(Your objective): Whenever a line in the data holds the string "argv", pull that line out.

(Given records):
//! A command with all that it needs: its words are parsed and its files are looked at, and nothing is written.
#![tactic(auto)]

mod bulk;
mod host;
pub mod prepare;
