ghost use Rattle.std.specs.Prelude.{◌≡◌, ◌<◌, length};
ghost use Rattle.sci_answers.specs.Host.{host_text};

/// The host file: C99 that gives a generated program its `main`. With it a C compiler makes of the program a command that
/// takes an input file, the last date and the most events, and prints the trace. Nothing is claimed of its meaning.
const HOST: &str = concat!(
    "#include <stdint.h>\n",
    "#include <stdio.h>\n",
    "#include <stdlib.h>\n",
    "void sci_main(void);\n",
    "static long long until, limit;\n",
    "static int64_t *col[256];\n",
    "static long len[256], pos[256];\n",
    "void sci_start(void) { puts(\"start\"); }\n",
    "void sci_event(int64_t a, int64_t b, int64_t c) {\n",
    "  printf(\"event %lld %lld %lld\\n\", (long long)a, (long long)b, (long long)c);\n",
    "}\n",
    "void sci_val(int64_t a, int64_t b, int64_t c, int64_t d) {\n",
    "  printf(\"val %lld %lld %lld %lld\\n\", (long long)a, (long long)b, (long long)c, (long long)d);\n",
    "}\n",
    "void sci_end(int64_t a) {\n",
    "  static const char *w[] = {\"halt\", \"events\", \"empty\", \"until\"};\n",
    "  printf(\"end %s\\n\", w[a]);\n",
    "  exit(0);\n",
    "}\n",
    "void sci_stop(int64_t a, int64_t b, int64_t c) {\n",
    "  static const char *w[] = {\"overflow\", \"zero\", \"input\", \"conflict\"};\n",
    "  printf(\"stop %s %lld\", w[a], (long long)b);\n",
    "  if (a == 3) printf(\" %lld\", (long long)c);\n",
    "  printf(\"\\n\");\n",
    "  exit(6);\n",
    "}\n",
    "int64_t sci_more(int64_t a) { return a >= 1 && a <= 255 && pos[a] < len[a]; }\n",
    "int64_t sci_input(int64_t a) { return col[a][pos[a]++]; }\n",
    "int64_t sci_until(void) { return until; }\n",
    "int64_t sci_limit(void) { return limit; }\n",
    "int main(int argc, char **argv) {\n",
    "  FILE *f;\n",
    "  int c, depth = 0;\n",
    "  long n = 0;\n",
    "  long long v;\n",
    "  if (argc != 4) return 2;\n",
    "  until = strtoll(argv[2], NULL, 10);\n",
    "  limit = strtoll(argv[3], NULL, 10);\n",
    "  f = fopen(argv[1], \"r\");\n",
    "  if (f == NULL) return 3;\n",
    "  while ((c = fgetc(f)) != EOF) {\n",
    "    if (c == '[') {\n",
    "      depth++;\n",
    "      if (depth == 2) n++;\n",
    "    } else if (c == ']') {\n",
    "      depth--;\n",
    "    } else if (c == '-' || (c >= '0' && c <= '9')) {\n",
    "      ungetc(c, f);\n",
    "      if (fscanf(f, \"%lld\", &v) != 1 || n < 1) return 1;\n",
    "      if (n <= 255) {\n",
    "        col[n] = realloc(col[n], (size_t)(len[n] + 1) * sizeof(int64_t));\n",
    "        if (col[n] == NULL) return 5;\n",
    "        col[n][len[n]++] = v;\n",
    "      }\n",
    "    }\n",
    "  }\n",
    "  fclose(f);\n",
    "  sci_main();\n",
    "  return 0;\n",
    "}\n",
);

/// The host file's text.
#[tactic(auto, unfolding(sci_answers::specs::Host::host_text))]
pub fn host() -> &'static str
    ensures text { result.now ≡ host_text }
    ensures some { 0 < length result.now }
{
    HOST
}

(Written answer):
    "int main(int argc, char **argv) {\n",
    "  until = strtoll(argv[2], NULL, 10);\n",
    "  limit = strtoll(argv[3], NULL, 10);\n",
    "  f = fopen(argv[1], \"r\");\n",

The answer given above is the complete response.